[Task brief]: Find each line below that includes "HasCircleAt", then copy it.

Excerpts from a dataset:

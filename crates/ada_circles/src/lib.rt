//! Circles: bodies that lead back to themselves by what their own declarations create (7.6, 3.3.1, 4.8).
//!
//! `first_circle` finds where the first such body in the text begins. What a body's own declarations create is created whenever it runs: so
//! a body that leads back to itself would be called inside itself again and again.
#![tactic(auto)]

mod edges;
mod first;
pub mod laws;

pub use crate::first::first_circle;
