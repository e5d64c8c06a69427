//! The first body in the text that leads back to itself.

ghost use Rattle.std.specs.Prelude.{◌≡◌, ◌↔◌, [], true, slice_index_or, IfOk};
ghost use Rattle.ada_circles.specs.Circles.{IsFirstCircle};
ghost use Rattle.ada_circles.specs.Edges as rules;
ghost use Rattle.ada_circles.specs.Edges.{HasCircleAt};
ghost use Rattle.ada_program.specs.ProgramForm.{program_form};
ghost use Rattle.ada_quiet.specs.First.{IsFirst};
ghost use Rattle.ada_reach.specs.Graph.{IsReached};
ghost use Rattle.ada_reach.specs.View.{graph_of, IsMarked};

use crate::edges::edges;
use ada_program::{ProcedureNo, Program, Spot};
use ada_quiet::{first_of, start_unless};
use ada_reach::reached;
use std::alloc::{AllocError, Global};

/// The edges of a node.
fn edges_at(graph: &[Vec<usize>], node: usize) -> &[usize]
    ensures { result.now ≡ slice_index_or (graph_of graph.now) node [] }
{
    match graph.get(node) {
        None => &[],
        Some(edges) => edges,
    }
}

/// Whether a node is marked.
fn is_marked(marks: &[bool], node: usize) -> bool
    ensures { (result ≡ true) ↔ IsMarked marks.now node }
{
    match marks.get(node) {
        None => false,
        Some(mark) => *mark,
    }
}

/// Whether a node is reached from those to which its edges lead. Linear in the graph, and constant where it has no edges.
///
/// # Errors
/// `AllocError` where memory was refused.
fn is_on_a_circle(alloc: Global, graph: &[Vec<usize>], node: usize) -> Result<bool, AllocError>
    ensures { IfOk result (λ answer. (answer ≡ true)
        ↔ IsReached (graph_of graph.now) (slice_index_or (graph_of graph.now) node []) node) }
{
    let starts = edges_at(graph, node);
    if starts.is_empty() {
        return Ok(false);
    }
    let marks = reached(alloc, graph, starts)?;
    Ok(is_marked(&marks, node))
}

/// Where the body of the procedure of a number begins, if it leads back to itself.
fn circle_at(
    alloc: Global,
    program: &Program,
    graph: &[Vec<usize>],
    number: usize,
) -> Result<Option<Spot>, AllocError>
    requires { graph_of graph.now ≡ rules.edges (program_form program.now) }
    ensures { IfOk result (IsFirst (HasCircleAt (program_form program.now) number)) }
{
    let circles = is_on_a_circle(alloc, graph, number)?;
    Ok(start_unless(program, !circles, Some(ProcedureNo(number))))
}

/// Where the first body in the text begins that leads back to itself by what its own declarations create (7.6, 3.3.1, 4.8). Linear in the
/// program, and besides once for each body whose declarations create an object with controlled parts.
///
/// # Errors
/// `AllocError` where memory was refused.
pub fn first_circle(alloc: Global, program: &Program) -> Result<Option<Spot>, AllocError>
    ensures { IfOk result (IsFirstCircle (program_form program.now)) }
{
    let graph = edges(alloc, program)?;
    let mut first = None;
    'procedures: for number in 0..program.procedures.len() {
        let found = circle_at(alloc, program, &graph, number)?;
        first = first_of(first, found);
    }
    Ok(first)
}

[Reply to the exercise]:
ghost use Rattle.ada_circles.specs.Edges.{HasCircleAt};
    ensures { IfOk result (IsFirst (HasCircleAt (program_form program.now) number)) }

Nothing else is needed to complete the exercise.